## Data supplied
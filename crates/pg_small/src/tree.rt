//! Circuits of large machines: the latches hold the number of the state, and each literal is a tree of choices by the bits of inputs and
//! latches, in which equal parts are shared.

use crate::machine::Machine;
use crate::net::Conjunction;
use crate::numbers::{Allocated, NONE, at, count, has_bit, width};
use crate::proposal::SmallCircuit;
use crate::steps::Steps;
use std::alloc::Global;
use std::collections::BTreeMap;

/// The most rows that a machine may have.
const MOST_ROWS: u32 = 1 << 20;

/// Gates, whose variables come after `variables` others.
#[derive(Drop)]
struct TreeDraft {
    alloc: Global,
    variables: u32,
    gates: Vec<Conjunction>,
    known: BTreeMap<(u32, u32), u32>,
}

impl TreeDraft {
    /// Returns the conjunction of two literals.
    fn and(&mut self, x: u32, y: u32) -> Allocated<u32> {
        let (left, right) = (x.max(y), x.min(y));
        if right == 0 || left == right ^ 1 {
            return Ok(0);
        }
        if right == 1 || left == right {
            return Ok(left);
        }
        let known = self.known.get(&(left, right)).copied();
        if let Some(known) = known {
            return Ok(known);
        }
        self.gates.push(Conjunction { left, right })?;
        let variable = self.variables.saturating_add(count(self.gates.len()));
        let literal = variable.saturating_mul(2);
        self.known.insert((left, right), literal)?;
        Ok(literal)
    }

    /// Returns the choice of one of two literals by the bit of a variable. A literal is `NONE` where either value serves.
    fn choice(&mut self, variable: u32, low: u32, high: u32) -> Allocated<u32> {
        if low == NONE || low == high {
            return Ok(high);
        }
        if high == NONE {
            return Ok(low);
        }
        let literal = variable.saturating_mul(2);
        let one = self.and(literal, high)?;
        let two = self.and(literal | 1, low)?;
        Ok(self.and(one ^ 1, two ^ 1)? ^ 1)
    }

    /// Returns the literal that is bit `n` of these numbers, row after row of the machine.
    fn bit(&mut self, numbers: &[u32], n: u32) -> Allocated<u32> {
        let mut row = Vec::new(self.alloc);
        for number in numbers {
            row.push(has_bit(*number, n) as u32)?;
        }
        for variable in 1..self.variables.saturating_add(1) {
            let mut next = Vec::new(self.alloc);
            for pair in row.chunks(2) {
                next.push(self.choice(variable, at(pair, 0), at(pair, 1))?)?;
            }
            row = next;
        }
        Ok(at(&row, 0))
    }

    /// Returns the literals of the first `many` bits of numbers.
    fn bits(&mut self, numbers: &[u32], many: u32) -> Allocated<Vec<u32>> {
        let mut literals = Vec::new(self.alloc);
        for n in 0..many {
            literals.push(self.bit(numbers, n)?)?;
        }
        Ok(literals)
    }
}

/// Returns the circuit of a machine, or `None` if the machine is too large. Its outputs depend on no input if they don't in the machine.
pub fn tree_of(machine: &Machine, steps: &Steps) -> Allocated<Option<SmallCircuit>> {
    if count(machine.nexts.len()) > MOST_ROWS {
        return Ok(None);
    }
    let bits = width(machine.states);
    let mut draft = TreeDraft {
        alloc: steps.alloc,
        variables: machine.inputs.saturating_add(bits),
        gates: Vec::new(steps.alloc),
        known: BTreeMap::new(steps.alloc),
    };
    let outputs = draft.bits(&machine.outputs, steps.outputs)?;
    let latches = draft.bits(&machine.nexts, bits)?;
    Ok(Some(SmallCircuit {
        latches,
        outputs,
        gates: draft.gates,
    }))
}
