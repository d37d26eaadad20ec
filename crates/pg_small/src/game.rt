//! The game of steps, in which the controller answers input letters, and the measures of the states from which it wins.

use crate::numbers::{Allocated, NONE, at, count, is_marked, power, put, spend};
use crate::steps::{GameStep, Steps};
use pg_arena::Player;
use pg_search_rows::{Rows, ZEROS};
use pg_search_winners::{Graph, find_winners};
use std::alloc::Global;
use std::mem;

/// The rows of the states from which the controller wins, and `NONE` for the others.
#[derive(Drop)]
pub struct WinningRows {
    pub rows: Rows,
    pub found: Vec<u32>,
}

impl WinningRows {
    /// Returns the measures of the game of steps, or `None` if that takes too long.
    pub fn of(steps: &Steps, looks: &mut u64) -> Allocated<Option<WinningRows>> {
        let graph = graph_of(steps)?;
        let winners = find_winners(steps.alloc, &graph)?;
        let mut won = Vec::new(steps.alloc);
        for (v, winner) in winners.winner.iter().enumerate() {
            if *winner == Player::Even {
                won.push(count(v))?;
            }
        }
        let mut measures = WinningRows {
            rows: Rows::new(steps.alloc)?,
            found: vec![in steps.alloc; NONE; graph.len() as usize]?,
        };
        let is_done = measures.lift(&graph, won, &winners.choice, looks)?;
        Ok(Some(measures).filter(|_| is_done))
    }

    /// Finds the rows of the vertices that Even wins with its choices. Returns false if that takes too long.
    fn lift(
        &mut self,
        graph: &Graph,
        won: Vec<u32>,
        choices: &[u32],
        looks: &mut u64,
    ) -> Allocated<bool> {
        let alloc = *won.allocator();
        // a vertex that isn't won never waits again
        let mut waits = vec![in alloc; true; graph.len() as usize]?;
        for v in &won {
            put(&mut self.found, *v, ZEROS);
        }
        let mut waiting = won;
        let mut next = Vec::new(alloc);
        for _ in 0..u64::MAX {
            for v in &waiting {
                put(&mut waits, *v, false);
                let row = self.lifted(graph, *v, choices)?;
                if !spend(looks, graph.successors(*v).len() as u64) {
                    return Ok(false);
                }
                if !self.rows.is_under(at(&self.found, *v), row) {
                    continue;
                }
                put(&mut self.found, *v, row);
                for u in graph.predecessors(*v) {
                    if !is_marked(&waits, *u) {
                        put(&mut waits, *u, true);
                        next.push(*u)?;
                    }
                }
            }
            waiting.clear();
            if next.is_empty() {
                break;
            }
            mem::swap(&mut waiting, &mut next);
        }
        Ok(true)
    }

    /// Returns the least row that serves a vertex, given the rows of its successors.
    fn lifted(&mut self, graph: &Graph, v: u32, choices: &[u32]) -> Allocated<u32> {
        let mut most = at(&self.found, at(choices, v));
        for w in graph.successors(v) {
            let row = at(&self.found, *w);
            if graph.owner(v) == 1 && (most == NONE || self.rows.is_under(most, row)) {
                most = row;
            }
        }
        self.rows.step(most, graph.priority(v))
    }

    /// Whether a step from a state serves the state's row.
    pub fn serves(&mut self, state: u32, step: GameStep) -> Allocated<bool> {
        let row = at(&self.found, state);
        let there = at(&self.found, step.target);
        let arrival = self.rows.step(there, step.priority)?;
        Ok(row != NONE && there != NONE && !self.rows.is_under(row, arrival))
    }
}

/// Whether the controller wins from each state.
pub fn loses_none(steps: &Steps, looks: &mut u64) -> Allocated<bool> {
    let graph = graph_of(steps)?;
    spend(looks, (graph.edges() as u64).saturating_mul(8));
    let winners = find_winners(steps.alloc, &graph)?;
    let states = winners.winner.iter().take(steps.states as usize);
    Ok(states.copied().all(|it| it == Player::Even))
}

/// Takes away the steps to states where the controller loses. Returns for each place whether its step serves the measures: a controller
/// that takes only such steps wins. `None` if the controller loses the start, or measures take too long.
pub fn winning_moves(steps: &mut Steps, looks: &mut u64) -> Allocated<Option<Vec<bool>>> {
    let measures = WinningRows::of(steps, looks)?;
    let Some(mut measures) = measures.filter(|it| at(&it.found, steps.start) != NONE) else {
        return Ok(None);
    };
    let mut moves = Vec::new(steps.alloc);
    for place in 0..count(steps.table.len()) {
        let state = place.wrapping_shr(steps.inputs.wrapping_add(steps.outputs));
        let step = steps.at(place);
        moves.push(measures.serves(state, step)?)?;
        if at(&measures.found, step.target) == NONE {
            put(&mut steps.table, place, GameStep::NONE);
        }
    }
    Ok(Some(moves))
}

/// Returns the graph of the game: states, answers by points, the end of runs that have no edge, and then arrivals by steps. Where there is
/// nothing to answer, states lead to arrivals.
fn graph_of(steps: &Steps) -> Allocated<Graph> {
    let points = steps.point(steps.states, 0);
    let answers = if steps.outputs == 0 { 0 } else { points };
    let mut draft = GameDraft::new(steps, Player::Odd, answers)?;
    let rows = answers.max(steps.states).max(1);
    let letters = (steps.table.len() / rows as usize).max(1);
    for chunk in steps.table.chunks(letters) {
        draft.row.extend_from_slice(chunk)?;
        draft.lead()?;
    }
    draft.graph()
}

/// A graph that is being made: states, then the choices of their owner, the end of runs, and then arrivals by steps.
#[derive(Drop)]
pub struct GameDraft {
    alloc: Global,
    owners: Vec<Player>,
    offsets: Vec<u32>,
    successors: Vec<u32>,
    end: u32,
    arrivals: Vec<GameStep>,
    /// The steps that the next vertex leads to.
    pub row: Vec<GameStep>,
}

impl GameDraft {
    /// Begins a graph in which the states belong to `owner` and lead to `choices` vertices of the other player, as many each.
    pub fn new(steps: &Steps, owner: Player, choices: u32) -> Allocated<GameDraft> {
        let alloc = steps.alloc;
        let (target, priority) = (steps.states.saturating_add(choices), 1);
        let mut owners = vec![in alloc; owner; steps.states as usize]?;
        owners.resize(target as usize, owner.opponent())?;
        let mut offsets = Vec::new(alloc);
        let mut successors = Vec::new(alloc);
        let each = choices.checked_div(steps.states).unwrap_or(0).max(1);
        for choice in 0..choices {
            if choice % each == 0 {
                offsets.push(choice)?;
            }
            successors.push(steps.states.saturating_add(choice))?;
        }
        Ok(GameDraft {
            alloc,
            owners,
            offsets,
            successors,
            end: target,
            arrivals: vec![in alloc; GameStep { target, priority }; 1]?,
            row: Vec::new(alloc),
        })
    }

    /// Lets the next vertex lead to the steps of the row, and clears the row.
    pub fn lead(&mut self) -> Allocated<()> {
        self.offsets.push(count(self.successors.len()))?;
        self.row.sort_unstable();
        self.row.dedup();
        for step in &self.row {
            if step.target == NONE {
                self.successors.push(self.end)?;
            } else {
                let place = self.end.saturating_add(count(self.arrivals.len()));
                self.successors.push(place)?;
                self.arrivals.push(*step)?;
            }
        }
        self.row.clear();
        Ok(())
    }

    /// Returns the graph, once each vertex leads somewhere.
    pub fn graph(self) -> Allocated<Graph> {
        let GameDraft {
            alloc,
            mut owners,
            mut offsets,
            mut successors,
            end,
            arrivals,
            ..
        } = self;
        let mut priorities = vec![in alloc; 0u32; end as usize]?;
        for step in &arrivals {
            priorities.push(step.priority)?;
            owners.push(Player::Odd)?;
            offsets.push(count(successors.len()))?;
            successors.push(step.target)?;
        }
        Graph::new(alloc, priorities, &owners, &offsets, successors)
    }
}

## How to complete this task
A count is needed of the lines in this data that contain "GameStep"; give the number and no other text.

## Output of the task
6